Shape-memory alloys (SMAs), are metals that change shape when heated to an activation
temperature. When cool, they are malleable and can be shaped like a typical metal. However,
when heated to activation, they return to their preset shape. At the atomic level, the crystalline
structure of an SMA changes with heat from one regular structure to another. However, while all
metals will change shape with heat (i.e. melt), SMAs change shape all in solid phase and this
change is reversible. The most commonly used SMA is nitinol (nickel titanium)
[http://makezine.com/2012/01/31/skill-builder-working-with-shape-memory-alloy/]
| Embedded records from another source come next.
//! More worktrees with their setups: folding, deletion, traversal roots, path specs, and the rules
//! that decide.
use crate::tests::rows::{A_FILE, Row};
use worktree_fs::NewNode;

/// A git directory's `HEAD`.
const HEAD: NewNode<'static> = NewNode::File(b"ref: refs/heads/main\n");

/// Two files in a directory.
pub const TWO: &[(&[u8], NewNode<'static>)] = &[(b"/w/d/a", A_FILE), (b"/w/d/b", A_FILE)];

/// A work tree with a submodule, ignored and untracked files, beside its own git directory.
const CHECKOUT: &[(&[u8], NewNode<'static>)] = &[
    (b"/w/.git/HEAD", HEAD),
    (b"/w/.git/objects", NewNode::Directory),
    (b"/w/.git/refs", NewNode::Directory),
    (b"/w/.git/modules/lib/HEAD", HEAD),
    (b"/w/.git/modules/lib/objects", NewNode::Directory),
    (b"/w/.git/modules/lib/refs", NewNode::Directory),
    (b"/w/.gitignore", NewNode::File(b"target/\n")),
    (b"/w/.gitmodules", A_FILE),
    (b"/w/src/main.c", A_FILE),
    (
        b"/w/lib/.git",
        NewNode::File(b"gitdir: ../.git/modules/lib"),
    ),
    (b"/w/target/x.o", A_FILE),
    (b"/w/notes/a", A_FILE),
    (b"/w/notes/b", A_FILE),
];

/// Untracked directories are told in place of what lies in them, and the counts of the walk.
pub const COUNTED: &[u8] = b"option emit_untracked collapse\noption print_outcome yes\n";

pub static FOLDED: [Row; 7] = [
    Row {
        name: "a directory in place of its files",
        nodes: TWO,
        setup: COUNTED,
        status: 0,
        out: b"untracked directory - always - -\td\n# read_dir 2 returned 1 seen 3\n",
        err: b"",
    },
    Row {
        name: "a directory and its files",
        nodes: TWO,
        setup: b"option emit_untracked collapse\noption print_outcome yes\noption emit_collapsed all\n",
        status: 0,
        out: b"untracked directory - always - -\td\nuntracked file - always - untracked\td/a\nuntracked file - always - untracked\td/b\n# read_dir 2 returned 3 seen 3\n",
        err: b"",
    },
    Row {
        name: "a directory that holds a repository",
        nodes: &[
            (b"/w/d/a", A_FILE),
            (b"/w/d/r/.git/HEAD", HEAD),
            (b"/w/d/r/.git/objects", NewNode::Directory),
            (b"/w/d/r/.git/refs", NewNode::Directory),
        ],
        setup: b"option emit_untracked collapse\n",
        status: 0,
        out: b"untracked file - always - -\td/a\nuntracked repository - always - -\td/r\n",
        err: b"",
    },
    Row {
        name: "a directory that holds a tracked file",
        nodes: &[(b"/w/d/t", A_FILE), (b"/w/d/u", A_FILE)],
        setup: b"index 100644 0 - - d/t\noption emit_untracked collapse\n",
        status: 0,
        out: b"untracked file - always - -\td/u\n",
        err: b"",
    },
    Row {
        name: "a checkout with a submodule",
        nodes: CHECKOUT,
        setup: b"index 100644 0 - - .gitignore\nindex 100644 0 - - .gitmodules\nindex 160000 0 - - lib\nindex 100644 0 - - src/main.c\noption emit_untracked collapse\noption emit_ignored collapse\noption print_outcome yes\n",
        status: 0,
        out: b"untracked directory - always - -\tnotes\nignored directory - always - -\ttarget\n# read_dir 3 returned 2 seen 9\n",
        err: b"",
    },
    Row {
        name: "a directory that is a worktree of its own",
        nodes: TWO,
        setup: b"worktree d\noption emit_tracked yes\n",
        status: 0,
        out: b"tracked repository - always - -\td\n",
        err: b"",
    },
    Row {
        name: "a worktree of its own that is a file",
        nodes: &[(b"/w/x", A_FILE)],
        setup: b"worktree x\noption emit_tracked yes\n",
        status: 0,
        out: b"tracked repository - always - -\tx\n",
        err: b"",
    },
];

/// A repository in an ignored directory.
const HIDDEN: &[(&[u8], NewNode<'static>)] = &[
    (b"/w/build/r/.git/HEAD", HEAD),
    (b"/w/build/r/.git/objects", NewNode::Directory),
    (b"/w/build/r/.git/refs", NewNode::Directory),
];

pub static DELETED: [Row; 4] = [
    Row {
        name: "a precious file beside an untracked one",
        nodes: &[(b"/w/d/key", A_FILE), (b"/w/d/x", A_FILE)],
        setup: b"global $key\noption precious yes\noption for_deletion nonbare\noption emit_untracked collapse\noption emit_ignored collapse\n",
        status: 0,
        out: b"precious file - always - -\td/key\nuntracked file - always - -\td/x\n",
        err: b"",
    },
    Row {
        name: "an empty current directory",
        nodes: &[(b"/w/d", NewNode::Directory)],
        setup: b"current_dir /w/d\noption for_deletion nonbare\n",
        status: 0,
        out: b"untracked directory - always emptycwd -\td\n",
        err: b"",
    },
    Row {
        name: "an ignored directory that may hide a repository",
        nodes: HIDDEN,
        setup: b"global build/\noption emit_ignored collapse\noption for_deletion hide\n",
        status: 0,
        out: b"ignored directory - always - -\tbuild\n",
        err: b"",
    },
    Row {
        name: "a repository in an ignored directory",
        nodes: HIDDEN,
        setup: b"global build/\noption emit_ignored collapse\noption for_deletion nonbare\n",
        status: 0,
        out: b"ignored repository - always - -\tbuild/r\n",
        err: b"",
    },
];

/// A link and a file.
const LINK: &[(&[u8], NewNode<'static>)] = &[
    (b"/w/l", NewNode::Link(b"/x")),
    (b"/w/a", A_FILE),
    (b"/x", NewNode::Directory),
];

pub static ROOTED: [Row; 9] = [
    Row {
        name: "a directory that path specs have in common, with a link to one in its place",
        nodes: LINK,
        setup: b"spec l/*\n",
        status: 4,
        out: b"",
        err: b"walk: symlink-in-root /w/l\n",
    },
    Row {
        name: "a traversal root through a link",
        nodes: LINK,
        setup: b"root l/x\n",
        status: 4,
        out: b"",
        err: b"walk: symlink-in-root /w/l\n",
    },
    Row {
        name: "a traversal root that is not there",
        nodes: LINK,
        setup: b"root gone\n",
        status: 4,
        out: b"",
        err: b"walk: missing-root /w/gone\n",
    },
    Row {
        name: "a traversal root that leads out",
        nodes: LINK,
        setup: b"root ../w\n",
        status: 4,
        out: b"",
        err: b"walk: outside-root ../w\n",
    },
    Row {
        name: "a traversal root that leads back to the worktree root",
        nodes: LINK,
        setup: b"root a/..\n",
        status: 0,
        out: b"untracked file - always - -\ta\nuntracked symlink - always - -\tl\n",
        err: b"",
    },
    Row {
        name: "no bytes for a traversal root",
        nodes: LINK,
        setup: b"root \n",
        status: 3,
        out: b"",
        err: b"setup: line 1\n",
    },
    Row {
        name: "a text that is no path spec",
        nodes: LINK,
        setup: b"spec a\nspec :(a\n",
        status: 3,
        out: b"",
        err: b"setup: line 2\n",
    },
    Row {
        name: "a worktree by a whole path",
        nodes: LINK,
        setup: b"worktree \\2fa\n",
        status: 3,
        out: b"",
        err: b"setup: line 1\n",
    },
    Row {
        name: "a way of deletion that is not there",
        nodes: LINK,
        setup: b"worktree \noption for_deletion yes\n",
        status: 3,
        out: b"",
        err: b"setup: line 2\n",
    },
];

/// A worktree root that is a link to a directory.
const LINKED: &[(&[u8], NewNode<'static>)] = &[(b"/w", NewNode::Link(b"/x")), (b"/x/a.c", A_FILE)];

pub static SPECIFIED: [Row; 6] = [
    Row {
        name: "a directory by a pattern",
        nodes: &[(b"/w/d/a1", A_FILE), (b"/w/d/b", A_FILE)],
        setup: b"spec d/a*\noption emit_untracked collapse\noption print_outcome yes\n",
        status: 0,
        out: b"untracked directory - wildcard - -\td\n# read_dir 1 returned 1 seen 3\n",
        err: b"",
    },
    Row {
        name: "a file by a pattern, beside a tracked one",
        nodes: &[(b"/w/d/a1", A_FILE), (b"/w/d/b", A_FILE)],
        setup: b"spec d/a*\nindex 100644 0 - - d/b\noption emit_untracked collapse\noption print_outcome yes\n",
        status: 0,
        out: b"untracked file - wildcard - -\td/a1\n# read_dir 1 returned 1 seen 2\n",
        err: b"",
    },
    Row {
        name: "a file that a spec takes out",
        nodes: &[(b"/w/x", A_FILE), (b"/w/y", A_FILE)],
        setup: b"spec :!x\n",
        status: 0,
        out: b"untracked file - always - -\ty\n",
        err: b"",
    },
    Row {
        name: "the same, shown",
        nodes: &[(b"/w/x", A_FILE), (b"/w/y", A_FILE)],
        setup: b"spec :!x\noption emit_pruned yes\n",
        status: 0,
        out: b"untracked file - excluded - -\tx\nuntracked file - always - -\ty\n",
        err: b"",
    },
    // The root is classed as the link that it is: one that no spec matches is pruned, and so not looked into, where a
    // directory is untracked for what may lie beneath it.
    Row {
        name: "a root that is a link to a directory, which no spec matches",
        nodes: LINKED,
        setup: b"spec *.c\n",
        status: 4,
        out: b"",
        err: b"walk: root-is-file /w\n",
    },
    Row {
        name: "the same without a spec",
        nodes: LINKED,
        setup: b"",
        status: 0,
        out: b"untracked file - always - -\ta.c\n",
        err: b"",
    },
];

/// A directory that one rule excludes, and a directory in it that another rule takes out of that.
const LIFTED: &[(&[u8], NewNode<'static>)] = &[
    (b"/w/.gitignore", NewNode::File(b"build/\n")),
    (b"/w/build/.gitignore", NewNode::File(b"!sub/\n")),
    (b"/w/build/sub/x", A_FILE),
    (b"/w/build/y", A_FILE),
];

pub static RULED: [Row; 4] = [
    Row {
        name: "a directory that is taken out of an excluded one",
        nodes: LIFTED,
        setup: b"option for_deletion nonbare\noption emit_ignored matching\n",
        status: 0,
        out: b"untracked file - always - -\t.gitignore\nignored file - always - -\tbuild/.gitignore\nuntracked file - always - -\tbuild/sub/x\nignored file - always - -\tbuild/y\n",
        err: b"",
    },
    Row {
        name: "the same where that cannot be",
        nodes: LIFTED,
        setup: b"option for_deletion nonbare\noption emit_ignored matching\noption strict_parents yes\n",
        status: 0,
        out: b"untracked file - always - -\t.gitignore\nignored file - always - -\tbuild/.gitignore\nignored file - always - -\tbuild/sub/x\nignored file - always - -\tbuild/y\n",
        err: b"",
    },
    Row {
        name: "where the rules of a directory stand",
        nodes: &[
            (b"/w/.gitignore", NewNode::File(b"*.o\n!k.o\n")),
            (b"/w/a.o", A_FILE),
            (b"/w/k.o", A_FILE),
        ],
        setup: b"option emit_ignored matching\noption origins yes\n",
        status: 0,
        out: b"untracked file - always - - -\t.gitignore\nignored file - always - - +.gitignore:1\ta.o\nuntracked file - always - - !.gitignore:2\tk.o\n",
        err: b"",
    },
    Row {
        name: "where a global rule stands",
        nodes: &[(b"/w/a/f", A_FILE)],
        setup: b"global /a/\noption emit_ignored matching\noption origins yes\n",
        status: 0,
        out: b"ignored directory - always - - +globals:1\ta\n",
        err: b"",
    },
];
Applications for pseudo-elasticity include eyeglasses


frames, medical tools and antennas for mobile phones. One
application of shape memory effect is for robotic limbs
(hands, arms and legs). It is difficult to replicate even simple
movements of the human body, for example, the gripping
force required to
handle different
objects (eggs,
pens, tools). SMAs
are strong and compact and can be used to create
smooth, lifelike movements. Computer control of
timing and size of an electric current running through
the SMA can control the movement of an artificial joint.
Other design challenges for artificial joints include
development of computer software to control artificial muscle systems, being able to create
large enough movements and replicating the speed and accuracy of human reflexes.

Photochromism
Photochromicity refers to a material that can described as having a reversible change of colour
when exposed to light. One of the most popular applications is for colour-changing sunglass
lenses, which can darken as the sun brightens. A chemical either on the surface of the lens or
embedded within the glass reacts to ultraviolet light, which causes it to change form and
therefore its light
absorption
spectra.

Photochromic
lenses have
millions of
molecules of
substances such
as silver chloride
or silver halide embedded in them. The molecules are transparent to visible light in the absence
of UV light, which is normal for artificial lighting. But when exposed to UV rays, as in direct
sunlight, the molecules undergo a chemical process that causes them to change shape.
[http://science.howstuffworks.com/innovation/science-questions/question412.htm]
Electro-rheostatic (ER) and magneto-rheostatic (MR)
Electro-rheostatic (ER) and magneto-rheostatic (MR) materials are fluids that can undergo
dramatic changes in their viscosity. They can change from a thick fluid to a solid in a fraction of
a second when exposed to a magnetic (for MR materials) or electric (for ER materials) field, and
the effect is reversed when the field is removed. MR fluids are being developed for use in car
shock absorbers, damping washing machine vibration, prosthetic limbs, exercise equipment and
surface polishing of machine parts. ER fluids have mainly been developed for use in clutches
and valves, as well as engine mounts designed to reduce noise and vibration in vehicles.

Thermoelectricity
Thermoelectricity is, at its simplest, electricity produced directly from heat. It involves the joining
of two dissimilar conductors that, when heated, produce a direct current. Thermoelectric circuits
have been used in remote areas and space probes to power radio transmitters and receivers.